I suppose the heavy droning
of the carillon had smothered the sound of his footsteps, for on my
turning round, when I supposed myself alone, Antony Watteau was
standing near me. Constant observer as he is of the lights and
shadows of things, he visits [20] places of this kind at odd times.
He has left Jean-Baptiste at work in Paris, and will stay this time
with the old people, not at our house; though he has spent the better
part of to-day in my father's workroom. He hasn't yet put off, in
spite of all his late intercourse with the great world, his distant
and preoccupied manner--a manner, it is true, the same to every one.
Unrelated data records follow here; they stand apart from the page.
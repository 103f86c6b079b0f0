ghost use Rattle.std.specs.Prelude.{◌≡◌, List, ℕ, OnOk, IsErrOf};
ghost use Rattle.std.specs.declared.option.Option.{Option};
ghost use Rattle.std.specs.Io.KnownBytes.{append_known};
ghost use Rattle.zbase.specs.Faults.{Counter, Counts};
ghost use Rattle.zio.specs.Sinks.{AppendsFront};

use crate::OutsideRefusal;

/// Where bytes go, as standard output.
pub trait Sink {
    /// The bytes that were written, where the sink tells.
    ghost written: { Self → Option (List ℕ) };

    /// How often the sink has failed.
    ghost counter: { Self → Counter };

    /// Writes all of the bytes. A sink that takes only a part has failed, and a front of the bytes was written.
    fn write_all(&mut self, bytes: &[u8]) -> Result<(), OutsideRefusal>
        ensures ok { OnOk result (written self.new ≡ append_known (written self.old) bytes.now) }
        ensures failed { IsErrOf result OutsideRefusal.Failed → AppendsFront (written self.old) (written self.new) bytes.now }
        ensures memory { IsErrOf result OutsideRefusal.Memory → written self.new ≡ written self.old }
        ensures counts { Counts (counter self.old) (counter self.new) (IsErrOf result OutsideRefusal.Failed) };
}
It is certainly not through pride in his success, as some might
fancy, for he was thus always. It is rather as if, with all that
success, life and its daily social routine were somewhat of a burden
to him.
April 1714.
At last we shall understand something of that new style of his--the
Watteau style--so much relished by the fine people at Paris. He has
taken it into his kind head to paint and decorate our chief salon--
the room with the three long windows, which occupies the first floor
of the house.
The room was a landmark, as we used to think, an inviolable milestone
and landmark, of old Valenciennes fashion--that sombre style,
indulging much in contrasts of black or deep brown with white, which
the Spaniards left behind them here. Doubtless their eyes had found
its shadows cool and pleasant, when they shut themselves in from the
cutting sunshine of their own country.